→ TASK REQUIREMENTS
Nothing below is to be printed except the lines between the line holding "const EMPTY: [u8;" and the line holding "write is enough.", inclusive, each exactly as it appears.

(TASK MATERIAL Opens)

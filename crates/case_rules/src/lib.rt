#![tactic(auto)]

// Cases as definitions (specs/), and the theorems on them: a formula with its first unknowns set to values is a formula again; it has a verdict by the
// verdicts of both cases of its first unknown; so a study that does not always answer decides every formula by cases; and the rows of the cases, put
// together, are rows for the whole. There is no code here. `restriction` is proved equal to the definition of a formula with unknowns set.
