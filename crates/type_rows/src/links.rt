//! Links in memory.

use basil_types::links::{LinkFail, Links, MemLinks, SureLinks};
use std::alloc::Global;
use std::test::Fail;

/// Two connections, the second of which is empty.
fn connections(alloc: Global) -> Result<Vec<Vec<u8>>, Fail> {
    let mut all = Vec::new(alloc);
    all.push(Vec::from_slice(alloc, &[1, 2, 3])?)?;
    all.push(Vec::new(alloc))?;
    Ok(all)
}

/// A call of links.
enum Call {
    Carry(&'static [u8]),
    Open,
    Listen,
    Accept,
    Read,
    Write(&'static [u8]),
    Close,
}

/// Makes one call, whose bytes go into the vector: what was carried, or read by a buffer of two.
fn make<L: Links>(links: &mut L, what: &Call, given: &mut Vec<u8>) -> Result<(), LinkFail> {
    match what {
        Call::Carry(frame) => links.carry(frame, given),
        Call::Open => links.open("party:1"),
        Call::Listen => links.listen("party:1"),
        Call::Accept => links.accept(),
        Call::Read => {
            let mut buf = [0u8; 2];
            let count = links.read(&mut buf)?;
            given.clear();
            if given.extend_from_slice(&buf[..count]).is_err() {
                return Err(LinkFail::NoMemory);
            }
            Ok(())
        }
        Call::Write(bytes) => links.write(bytes),
        Call::Close => {
            links.close();
            Ok(())
        }
    }
}

/// Calls of which the third and the ninth fail, where the second carry changes a bit; and the bytes given by then.
const CALLS: &[(Call, Result<(), LinkFail>, &[u8])] = &[
    (Call::Carry(&[8, 7]), Ok(()), &[8, 7]),
    (Call::Carry(&[8, 7]), Ok(()), &[8, 6]),
    (Call::Open, Err(LinkFail::Failed), &[8, 6]),
    (Call::Open, Ok(()), &[8, 6]),
    (Call::Read, Ok(()), &[1, 2]),
    (Call::Read, Ok(()), &[3]),
    (Call::Read, Ok(()), &[]),
    (Call::Write(&[9]), Ok(()), &[]),
    (Call::Write(&[8]), Err(LinkFail::Failed), &[]),
    (Call::Close, Ok(()), &[]),
    (Call::Read, Ok(()), &[]),
    (Call::Carry(&[8, 7]), Ok(()), &[8, 7]),
    (Call::Listen, Ok(()), &[8, 7]),
    (Call::Accept, Ok(()), &[8, 7]),
    (Call::Accept, Ok(()), &[8, 7]),
    (Call::Read, Ok(()), &[]),
    (Call::Write(&[7]), Ok(()), &[]),
];

#[test]
fn links_carry_and_connect(rt: HostRuntime) -> Result<(), Fail> {
    let alloc = rt.alloc();
    let changed = Vec::from_slice(alloc, &[2u64])?;
    let failing = Vec::from_slice(alloc, &[3u64, 9])?;
    let mut links = MemLinks::new(alloc, connections(alloc)?, changed, failing);
    let mut given = Vec::new(alloc);
    for (place, (what, answer, bytes)) in CALLS.iter().enumerate() {
        assert!(rt;
            make(&mut links, what, &mut given) == *answer,
            "call {place}"
        );
        assert!(rt; given.as_slice() == *bytes, "call {place}");
    }
    assert!(rt; links.written() == [9, 7].as_slice());
    Ok(())
}

/// Calls that never fail, and the bytes given by then.
const SURE_CALLS: &[(Call, &[u8])] = &[
    (Call::Carry(&[8, 7]), &[8, 6]),
    (Call::Carry(&[8, 7]), &[8, 7]),
    (Call::Listen, &[8, 7]),
    (Call::Accept, &[8, 7]),
    (Call::Read, &[1, 2]),
    (Call::Open, &[1, 2]),
    (Call::Read, &[]),
    (Call::Write(&[9]), &[]),
    (Call::Close, &[]),
    (Call::Read, &[]),
];

#[test]
fn sure_links_carry_and_connect(rt: HostRuntime) -> Result<(), Fail> {
    let alloc = rt.alloc();
    let changed = Vec::from_slice(alloc, &[1u64])?;
    let mut links = SureLinks::new(alloc, connections(alloc)?, changed);
    let mut given = Vec::new(alloc);
    for (place, (what, bytes)) in SURE_CALLS.iter().enumerate() {
        assert!(rt;
            make(&mut links, what, &mut given) == Ok(()),
            "call {place}"
        );
        assert!(rt; given.as_slice() == *bytes, "call {place}");
    }
    Ok(())
}
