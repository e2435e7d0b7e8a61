//! The words that parties sign.

use basil_types::party::Decision;
use basil_types::version::Version;
use basil_types::words::Words;

const SEVENS: [u8; 32] = [7; 32];

const COMMITTED: Version = Version {
    time: 5,
    client: 4,
    id: [6; 32],
};

// A client's words: 1, the id.
const TRANSACTION: &[u8] = &[
    1, 7, 7, 7, 7, 7, 7, 7, 7, 7, 7, 7, 7, 7, 7, 7, 7, 7, 7, 7, 7, 7, 7, 7, 7, 7, 7, 7, 7, 7, 7, 7,
    7,
];

// A vote: 2, shard 1, replica 2, the id, 1 for abort.
const VOTE: &[u8] = &[
    2, 1, 2, 7, 7, 7, 7, 7, 7, 7, 7, 7, 7, 7, 7, 7, 7, 7, 7, 7, 7, 7, 7, 7, 7, 7, 7, 7, 7, 7, 7, 7,
    7, 7, 7, 1,
];

// A read's answer: 3, shard 1, replica 2, the key a behind its length, time 10, client 3, the committed version and
// genesis.
const READ_REPLY: &[u8] = &[
    3, 1, 2, 1, 0x61, 0, 0, 0, 0, 0, 0, 0, 10, 3, 0, 0, 0, 0, 0, 0, 0, 5, 4, 6, 6, 6, 6, 6, 6, 6,
    6, 6, 6, 6, 6, 6, 6, 6, 6, 6, 6, 6, 6, 6, 6, 6, 6, 6, 6, 6, 6, 6, 6, 6, 6, 0, 0, 0, 0, 0, 0, 0,
    0, 0, 0, 0, 0, 0, 0, 0, 0, 0, 0, 0, 0, 0, 0, 0, 0, 0, 0, 0, 0, 0, 0, 0, 0, 0, 0, 0, 0, 0, 0, 0,
    0, 0,
];

// A log reply: 4, shard 1, replica 2, the id, 0 for commit, the views 1 and 258.
const LOG_REPLY: &[u8] = &[
    4, 1, 2, 7, 7, 7, 7, 7, 7, 7, 7, 7, 7, 7, 7, 7, 7, 7, 7, 7, 7, 7, 7, 7, 7, 7, 7, 7, 7, 7, 7, 7,
    7, 7, 7, 0, 0, 0, 0, 0, 0, 0, 0, 1, 0, 0, 0, 0, 0, 0, 1, 2,
];

// A word of an election: 5, shard 1, replica 2, the id, 0 for commit, the view 3.
const ELECTION: &[u8] = &[
    5, 1, 2, 7, 7, 7, 7, 7, 7, 7, 7, 7, 7, 7, 7, 7, 7, 7, 7, 7, 7, 7, 7, 7, 7, 7, 7, 7, 7, 7, 7, 7,
    7, 7, 7, 0, 0, 0, 0, 0, 0, 0, 0, 3,
];

// A proposal: 6, shard 1, replica 2, the id, 1 for abort, the view 3.
const PROPOSAL: &[u8] = &[
    6, 1, 2, 7, 7, 7, 7, 7, 7, 7, 7, 7, 7, 7, 7, 7, 7, 7, 7, 7, 7, 7, 7, 7, 7, 7, 7, 7, 7, 7, 7, 7,
    7, 7, 7, 1, 0, 0, 0, 0, 0, 0, 0, 3,
];

#[test]
fn words_have_their_bytes(rt: HostRuntime) {
    let rows = [
        (Words::transaction(&SEVENS), TRANSACTION),
        (Words::vote(1, 2, &SEVENS, Decision::Abort), VOTE),
        (
            Words::read_reply(1, 2, b"a", 10, 3, COMMITTED, Version::genesis()),
            READ_REPLY,
        ),
        (
            Words::log_reply(1, 2, &SEVENS, Decision::Commit, 1, 258),
            LOG_REPLY,
        ),
        (
            Words::election(1, 2, &SEVENS, Decision::Commit, 3),
            ELECTION,
        ),
        (Words::proposal(1, 2, &SEVENS, Decision::Abort, 3), PROPOSAL),
    ];
    for (words, bytes) in &rows {
        assert!(rt; words.bytes() == *bytes);
    }
}
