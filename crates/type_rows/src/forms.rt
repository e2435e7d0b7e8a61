//! What a transaction is about: its form, its version, the shards of its keys, where it is logged, what it conflicts
//! with.

use basil_types::cluster::Cluster;
use basil_types::transaction::TransactionView;
use basil_types::version::Version;
use std::test::Fail;
use txn_meta::conflicts::{conflict, conflict_in, writes_key};
use txn_meta::form::{FormFault, check_form, has_good_form, version_of};
use txn_meta::places::{leader_of, log_shard};
use txn_meta::shards::{involved, is_involved, shard_of};

// Time 10, client 1, no reads, one write of x1 to a.
const WRITES: [u8; 18] = [
    1, 0, 0, 0, 0, 0, 0, 0, 10, 1, 0, 1, 1, 0x61, 0, 2, 0x78, 0x31,
];

// SHA-256 of these bytes, by sha256sum.
const ID: [u8; 32] = [
    0x2c, 0x05, 0xd5, 0x59, 0x55, 0xa6, 0x7c, 0x7b, 0x2d, 0x55, 0x2c, 0x41, 0xc1, 0x83, 0xb8, 0x43,
    0x3d, 0x6f, 0x2a, 0xea, 0x37, 0x09, 0x64, 0x2b, 0xef, 0x3b, 0x72, 0x98, 0xbb, 0xcf, 0x71, 0x58,
];

// Time 10, client 1, a read of b at time 11 by client 2 with an id of zeros, and one write of x1 to a.
const READS: [u8; 62] = [
    1, 0, 0, 0, 0, 0, 0, 0, 10, 1, 1, 1, 0x62, 0, 0, 0, 0, 0, 0, 0, 11, 2, 0, 0, 0, 0, 0, 0, 0, 0,
    0, 0, 0, 0, 0, 0, 0, 0, 0, 0, 0, 0, 0, 0, 0, 0, 0, 0, 0, 0, 0, 0, 0, 0, 0, 1, 1, 0x61, 0, 2,
    0x78, 0x31,
];

// Time 0, client 1, no reads, one write of x1 to a.
const TIMELESS: [u8; 18] = [
    1, 0, 0, 0, 0, 0, 0, 0, 0, 1, 0, 1, 1, 0x61, 0, 2, 0x78, 0x31,
];

// Time 10, client 1, no reads, no writes.
const EMPTY: [u8; 12] = [1, 0, 0, 0, 0, 0, 0, 0, 10, 1, 0, 0];

fn form_of(bytes: &[u8]) -> Result<Result<(), FormFault>, Fail> {
    Ok(check_form(TransactionView::read(bytes, 0)?))
}

/// Transactions, and what their form lacks.
const FORMS: &[(&[u8], Result<(), FormFault>)] = &[
    // One write is enough.
    (&WRITES, Ok(())),
    // The first read is of time 11, and the transaction of time 10.
    (&READS, Err(FormFault::ReadNotBelow(0))),
    // No transaction is of time 0.
    (&TIMELESS, Err(FormFault::ZeroTime)),
    // Neither a read nor a write.
    (&EMPTY, Err(FormFault::Empty)),
];

#[test]
fn forms_are_told_apart(rt: HostRuntime) -> Result<(), Fail> {
    for &(bytes, form) in FORMS {
        assert!(rt; form_of(bytes)? == form);
        assert!(rt; has_good_form(TransactionView::read(bytes, 0)?) == form.is_ok());
    }
    Ok(())
}

#[test]
fn a_version_has_the_digest(rt: HostRuntime) -> Result<(), Fail> {
    let version = version_of(TransactionView::read(&WRITES, 0)?);
    let wanted = Version {
        time: 10,
        client: 1,
        id: ID,
    };
    assert!(rt; version == wanted);
    Ok(())
}

/// Keys and their shards of three: 97 + 98 is 195, and 97, 98 and 195 modulo 3 are 1, 2 and 0.
const SHARDS: &[(&[u8], u8)] = &[(b"a", 1), (b"b", 2), (b"ab", 0)];

#[test]
fn shards_are_those_of_the_keys(rt: HostRuntime) -> Result<(), Fail> {
    let cluster = Cluster::new(0, 3, 1, 100)?;
    for &(key, shard) in SHARDS {
        assert!(rt; shard_of(key, &cluster) == shard, "shard {shard}");
    }
    Ok(())
}

#[test]
fn both_lists_involve_shards(rt: HostRuntime) -> Result<(), Fail> {
    let cluster = Cluster::new(0, 3, 1, 100)?;
    let t = TransactionView::read(&READS, 0)?;
    let shards = involved(t, &cluster);
    for (shard, wanted) in [(0, false), (1, true), (2, true), (8, false)] {
        assert!(rt; shards.has(shard) == wanted, "shard {shard}");
        assert!(rt; is_involved(t, &cluster, shard) == wanted, "shard {shard}");
    }
    for (place, wanted) in [(0, Some(1)), (1, Some(2)), (2, None)] {
        assert!(rt; shards.nth(place) == wanted, "place {place}");
    }
    Ok(())
}

// Writes of x1 to a and y1 to b, at no time yet.
const BOTH: [u8; 24] = [
    1, 0, 0, 0, 0, 0, 0, 0, 0, 1, 0, 2, 1, 0x61, 0, 2, 0x78, 0x31, 1, 0x62, 0, 2, 0x79, 0x31,
];

fn log_shard_at(time: u64, cluster: &Cluster) -> Result<u8, Fail> {
    let mut bytes = BOTH;
    bytes[1..9].copy_from_slice(&time.to_be_bytes());
    let t = TransactionView::read(&bytes, 0)?;
    check_form(t)?;
    Ok(log_shard(t, cluster))
}

/// Shards, times and log shards: of 3 shards 1 and 2 are involved, and of 1 shard the only one.
const LOG_SHARDS: &[(u8, u64, u8)] = &[
    // The log shard is the lower of the two at an even time, and the higher at an odd one.
    (3, 1, 2),
    (3, 2, 1),
    (3, 10, 1),
    (3, 11, 2),
    // So it is at the greatest times.
    (3, u64::MAX - 1, 1),
    (3, u64::MAX, 2),
    // Of one shard it is that one at every time.
    (1, u64::MAX, 0),
];

#[test]
fn log_shards_go_round_the_involved_ones(rt: HostRuntime) -> Result<(), Fail> {
    for &(shards, time, shard) in LOG_SHARDS {
        let cluster = Cluster::new(0, shards, 1, 100)?;
        assert!(rt;
            log_shard_at(time, &cluster)? == shard,
            "{shards} shards, time {time}"
        );
    }
    Ok(())
}

/// Faulty replicas, times, views and leaders.
const LEADERS: &[(u8, u64, u64, u8)] = &[
    // The only replica leads every view.
    (0, 10, 5, 0),
    (0, u64::MAX, u64::MAX, 0),
    // The leader is the sum of time and view modulo the number of replicas, six.
    (1, 0, 0, 0),
    (1, 13, 1, 2),
    (1, 10, 5, 3),
    // The sum doesn't overflow: 2^64 - 1 is 3 modulo 6.
    (1, u64::MAX, 0, 3),
    (1, 0, u64::MAX, 3),
    (1, u64::MAX, 1, 4),
    (1, u64::MAX, u64::MAX, 0),
    // The same of 31 replicas: 2^64 - 1 is 15 modulo 31.
    (6, 10, 5, 15),
    (6, u64::MAX, 1, 16),
    (6, u64::MAX, u64::MAX, 30),
];

#[test]
fn leaders_go_round_the_replicas(rt: HostRuntime) -> Result<(), Fail> {
    for &(f, time, view, leader) in LEADERS {
        let cluster = Cluster::new(f, 1, f.saturating_add(1), 100)?;
        assert!(rt;
            leader_of(time, view, &cluster) == leader,
            "f {f}, time {time}, view {view}"
        );
    }
    Ok(())
}

// Time 30, client 2, a read of a at the version of WRITES, no writes.
const READER: [u8; 56] = [
    1, 0, 0, 0, 0, 0, 0, 0, 30, 2, 1, 1, 0x61, 0, 0, 0, 0, 0, 0, 0, 10, 1, 0x2c, 0x05, 0xd5, 0x59,
    0x55, 0xa6, 0x7c, 0x7b, 0x2d, 0x55, 0x2c, 0x41, 0xc1, 0x83, 0xb8, 0x43, 0x3d, 0x6f, 0x2a, 0xea,
    0x37, 0x09, 0x64, 0x2b, 0xef, 0x3b, 0x72, 0x98, 0xbb, 0xcf, 0x71, 0x58, 0, 0,
];

// Time 20, client 1, no reads, a deletion of a.
const DELETES: [u8; 15] = [2, 0, 0, 0, 0, 0, 0, 0, 20, 1, 0, 1, 1, 0x61, 0];

fn writer_at(time: u64, client: u8, key: u8) -> [u8; 18] {
    let mut bytes = WRITES;
    bytes[1..9].copy_from_slice(&time.to_be_bytes());
    bytes[9] = client;
    bytes[13] = key;
    bytes
}

/// Times, clients and keys of writers, and whether they conflict with the reader, which is of time 30 and client 2 and
/// has read a of time 10 and client 1.
const WRITERS: &[(u64, u8, u8, bool)] = &[
    // The writer whose version was read.
    (10, 1, b'a', false),
    // One before that: its time is lower, though its client is higher.
    (9, 16, b'a', false),
    // Between the version that was read and the reader: by a higher client at its time, and later.
    (10, 2, b'a', true),
    (20, 1, b'a', true),
    // Between them, of another key.
    (20, 1, b'b', false),
    // Between them, by a lower client at the reader's time.
    (30, 1, b'a', true),
    // Behind the reader, by a higher client at its time, or later.
    (30, 3, b'a', false),
    (31, 1, b'a', false),
];

#[test]
fn conflicts_are_strictly_between(rt: HostRuntime) -> Result<(), Fail> {
    let cluster = Cluster::new(0, 2, 1, 100)?;
    let reader = TransactionView::read(&READER, 0)?;
    for &(time, client, key, wanted) in WRITERS {
        let bytes = writer_at(time, client, key);
        let writer = TransactionView::read(&bytes, 0)?;
        assert!(rt;
            conflict(writer, reader) == wanted,
            "time {time}, client {client}"
        );
        // The key a is of shard 1 of two.
        assert!(rt;
            conflict_in(writer, reader, &cluster, 1) == wanted,
            "time {time}, client {client}"
        );
        assert!(rt;
            !conflict_in(writer, reader, &cluster, 0),
            "time {time}, client {client}"
        );
    }
    Ok(())
}

/// Transactions, whether each conflicts with the reader, and whether it writes a.
const BESIDE_THE_READER: &[(&[u8], bool, bool)] = &[
    // The reader itself, which writes nothing.
    (&READER, false, false),
    // A deletion of a between the version that was read and the reader.
    (&DELETES, true, true),
];

#[test]
fn deletions_conflict_as_writes_do(rt: HostRuntime) -> Result<(), Fail> {
    let reader = TransactionView::read(&READER, 0)?;
    for &(bytes, conflicts, writes) in BESIDE_THE_READER {
        let other = TransactionView::read(bytes, 0)?;
        assert!(rt; conflict(other, reader) == conflicts);
        assert!(rt; conflict(reader, other) == conflicts);
        assert!(rt; writes_key(other, b"a") == writes);
        assert!(rt; !writes_key(other, b"b"));
    }
    Ok(())
}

(TASK MATERIAL Closes)

→ TASK RESULT
const EMPTY: [u8; 12] = [1, 0, 0, 0, 0, 0, 0, 0, 10, 1, 0, 0];

fn form_of(bytes: &[u8]) -> Result<Result<(), FormFault>, Fail> {
    Ok(check_form(TransactionView::read(bytes, 0)?))
}

/// Transactions, and what their form lacks.
const FORMS: &[(&[u8], Result<(), FormFault>)] = &[
    // One write is enough.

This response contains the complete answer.